--- MATERIAL PROVIDED ---

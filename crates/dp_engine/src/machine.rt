//! The machine: registers, rings and transmit lists over mbufs.
ghost use Rattle.std.specs.Prelude.{◌≡◌, ℕ, ◌+◌, ◌^◌, ◌<◌, ◌≤◌, length, [], false};
ghost use Rattle.dp_model.specs.Packets.{needed, available};
ghost use Rattle.dp_model.specs.Machine.{without_packet, with_step, is_denied, live};
ghost use Rattle.std.specs.Prelude.{not, None, Some, nat_eq, IsTrue, IsFalse, slice_get};
ghost use Rattle.std.specs.List.{list_any, AllByRecursion};
ghost use Rattle.dp_model.specs.Limits.{min_port_room, max_segments};
ghost use Rattle.dp_model.specs.Environments.{room_at};
ghost use Rattle.dp_model.specs.Runs.{between};
ghost use Rattle.dp_engine.specs.Handles.{moved, in_slot, frames_of};
ghost use Rattle.dp_engine.specs.MachineParts.{first_core};
ghost use Rattle.dp_engine.specs.Steps.{setting_in, with_jumps};
ghost use Rattle.dp_engine.specs.Turns.{IsReceived, with_one_call};
ghost use Rattle.dp_model.specs.Machine.{with_cut, without_packets, jump_budget};
ghost use Rattle.dp_ring.specs.Rings.{RingView};
ghost use Rattle.dp_mbuf.specs.Mbufs.{HasNone};

mod batches;
mod inspect;
mod numbers;
mod packets;
mod queues;
mod register;

use crate::queues::Queues;
use crate::setting::Setting;
use dp_mbuf::Mbufs;
use dp_model::PacketRegister;
use dp_pcap::GhostCount;
use packets::is_held_in;
use register::{Register, no_packets, set_first};
use std::marker::Model;

// The maximum number of backward jumps of a node run.
const JUMP_BUDGET: u64 = 256;

/// A machine: packets in registers, transmit lists and rings, over mbufs, and the counts of node runs.
pub struct Machine {
    mbufs: Mbufs,
    registers: [Register; 8],
    numbers: [u64; 8],
    jumps: u64,
    queues: Queues,
    calls: u64,
    steps: GhostCount,
    cuts: u64,
}

impl Model for Machine {
    ghost use Rattle.dp_engine.specs.Handles.{Core};
    ghost use Rattle.dp_engine.specs.MachineParts.{parts_of, core_of, OccurOnce};

    ghost Value = { Core };

    ghost view = { λ m. core_of (parts_of m) };

    ghost invariant = { λ m. OccurOnce (parts_of m) };
}

// Whether the call's number is in a pattern.
#[cold]
#[inline(never)]
fn is_among(calls: &[u64], call: u64) -> bool
    ensures { result ≡ list_any (nat_eq call) calls.now }
{
    calls.iter().any(|x| call == *x)
}

// Whether the call's number is in the pattern, which mostly is empty.
#[inline(always)]
fn is_listed(calls: &[u64], call: u64) -> bool
    ensures { result ≡ list_any (nat_eq call) calls.now }
{
    if calls.is_empty() {
        false
    } else {
        is_among(calls, call)
    }
}

impl Machine {
    // A machine over mbufs without packets, with empty queues.
    pub(crate) fn over(mbufs: Mbufs, queues: Queues) -> Machine
        requires none { (h : ℕ) → in_slot (slice_get mbufs.store.slots h) ≡ 0 }
        requires rings { AllByRecursion (λ (r : RingView). r.entries ≡ []) queues.rings }
        requires outboxes { AllByRecursion (λ (r : RingView). r.entries ≡ []) queues.outboxes }
        ensures { result ≡ first_core mbufs queues }
    {
        Machine {
            mbufs,
            registers: no_packets(),
            numbers: [0; 8],
            queues,
            calls: 0,
            steps: GhostCount::new(),
            cuts: 0,
            jumps: 0,
        }
    }

    // The number of allocation calls.
    pub(crate) fn calls(&self) -> u64
        ensures { result ≡ self.now.state.world.calls }
    {
        self.calls
    }

    // The number of free buffers of a pool, between two node runs.
    pub(crate) fn free_buffers(&self, pool: u32) -> u32
        requires idle { AllByRecursion (λ o. o ≡ None) self.now.state.packets }
        requires pool { pool < length self.now.pools }
        ensures { result ≡ available self.now.pools (live (between self.now.state.world)) pool }
    {
        self.mbufs.available(pool)
    }

    // How many buffers of a pool the bytes need.
    #[inline(always)]
    pub(crate) fn needed(&self, pool: u32, len: usize) -> usize
        requires { min_port_room ≤ room_at self.now.pools pool }
        ensures { result ≡ needed self.now.pools pool len }
    {
        self.mbufs.needed(pool, len)
    }

    // Receives bytes into the first packet register, and puts the port's number into the first number register. Returns false if the call is
    // refused.
    #[inline(always)]
    pub(crate) fn receive(&mut self, setting: &Setting, pool: u32, bytes: &[u8], port: u8) -> bool
        requires idle { AllByRecursion (λ o. o ≡ None) self.old.state.packets }
        requires pools { self.old.pools ≡ setting.now.env.pools }
        requires has_room { min_port_room ≤ room_at setting.now.env.pools pool }
        requires fits { needed setting.now.env.pools pool (length bytes.now) ≤ max_segments }
        requires few { self.old.state.world.calls + 1 < 2 ^ 64 }
        ensures denied { not result
            ≡ is_denied (setting_in setting.now) (between self.old.state.world) pool (needed setting.now.env.pools pool (length bytes.now)) }
        ensures refused { IsFalse result → self.new ≡ moved (record self.old.state { world = with_one_call self.old.state.world }) self.old }
        ensures calls { self.new.state.world.calls ≡ self.old.state.world.calls + 1 }
        ensures received { IsTrue result → IsReceived (setting_in setting.now) pool port bytes.now self.old.state.world self.new.state }
        ensures pools { self.new.pools ≡ self.old.pools }
        ensures frames { self.new.frames ≡ self.old.frames }
    {
        let call = self.calls + 1;
        if is_listed(setting.pattern(), call) {
            self.calls = call;
            return false;
        }
        // Nothing is written before this, so that the test of room is the one that the caller made.
        match self.mbufs.receive(pool, bytes) {
            Some(packet) => {
                self.calls = call;
                set_first(&mut self.registers, packet.number());
                self.numbers = [u64::from(port), 0, 0, 0, 0, 0, 0, 0];
                self.jumps = 0;
                true
            }
            None => {
                self.calls = call;
                false
            }
        }
    }

    pub(crate) fn count_step(&mut self)
        ensures { self.new ≡ moved (with_step self.old.state) self.old }
    {
        self.steps = self.steps.one_more();
    }

    // The number of node runs that were cut.
    pub(crate) fn cuts(&self) -> u64
        ensures { result ≡ self.now.state.world.cuts }
    {
        self.cuts
    }

    // Counts a backward jump, if the node run may take one more.
    pub(crate) fn jump(&mut self) -> bool
        ensures taken { IsTrue result → (self.old.state.jumps < jump_budget)
            × (self.new ≡ moved (with_jumps (self.old.state.jumps + 1) self.old.state) self.old) }
        ensures over { IsFalse result → (jump_budget ≤ self.old.state.jumps) × (self.new ≡ self.old) }
    {
        if self.jumps < JUMP_BUDGET {
            self.jumps += 1;
            true
        } else {
            false
        }
    }

    // Frees the packet of a register, if it holds one.
    fn give_up(&mut self, p: PacketRegister)
        ensures { self.new ≡ moved (without_packet p self.old.state) self.old }
    {
        if is_held_in(&self.registers, p) {
            self.free(p);
        }
    }

    fn count_cut(&mut self)
        requires { self.old.state.world.cuts + 1 < 2 ^ 64 }
        ensures { self.new ≡ moved (with_cut self.old.state) self.old }
    {
        self.cuts += 1;
    }

    // Cuts the node run: frees what its registers hold, p0 first, and counts the cut.
    pub(crate) fn cut(&mut self)
        requires few { self.old.state.world.cuts + 1 < 2 ^ 64 }
        requires eight { length self.old.state.packets ≡ 8 }
        ensures { self.new ≡ moved (without_packets (with_cut self.old.state)) self.old }
    {
        self.count_cut();
        self.give_up(PacketRegister::new(0));
        self.give_up(PacketRegister::new(1));
        self.give_up(PacketRegister::new(2));
        self.give_up(PacketRegister::new(3));
        self.give_up(PacketRegister::new(4));
        self.give_up(PacketRegister::new(5));
        self.give_up(PacketRegister::new(6));
        self.give_up(PacketRegister::new(7));
    }

    // Takes the machine apart. No packet may be left.
    pub(crate) fn into_parts(self) -> (Mbufs, Queues)
        requires idle { AllByRecursion (λ o. o ≡ None) self.state.packets }
        requires rings { AllByRecursion (λ packets. packets ≡ []) self.state.world.rings }
        requires outboxes { AllByRecursion (λ packets. packets ≡ []) self.state.world.outboxes }
        ensures none { HasNone result.0.store }
        ensures pools { result.0.store.pools ≡ self.pools }
        ensures zones { result.0.zones ≡ self.frames.zones }
        ensures frames { frames_of result.0.zones result.1.rings result.1.outboxes ≡ self.frames }
    {
        let Machine {
            mbufs,
            registers: _,
            numbers: _,
            queues,
            calls: _,
            steps: _,
            cuts: _,
            jumps: _,
        } = self;
        (mbufs, queues)
    }
}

---

▶ ABOUT THIS EXERCISE:
Transcribe the lines above between the line holding "set_first(&mut self.registers, packet.number());" and the line holding "pub(crate) fn jump(&mut self) -> bool", inclusive, exactly as they stand and with nothing added.

▶ TASK SOLUTION:
                set_first(&mut self.registers, packet.number());
                self.numbers = [u64::from(port), 0, 0, 0, 0, 0, 0, 0];
                self.jumps = 0;
                true
            }
            None => {
                self.calls = call;
                false
            }
        }
    }

    pub(crate) fn count_step(&mut self)
        ensures { self.new ≡ moved (with_step self.old.state) self.old }
    {
        self.steps = self.steps.one_more();
    }

    // The number of node runs that were cut.
    pub(crate) fn cuts(&self) -> u64
        ensures { result ≡ self.now.state.world.cuts }
    {
        self.cuts
    }

    // Counts a backward jump, if the node run may take one more.
    pub(crate) fn jump(&mut self) -> bool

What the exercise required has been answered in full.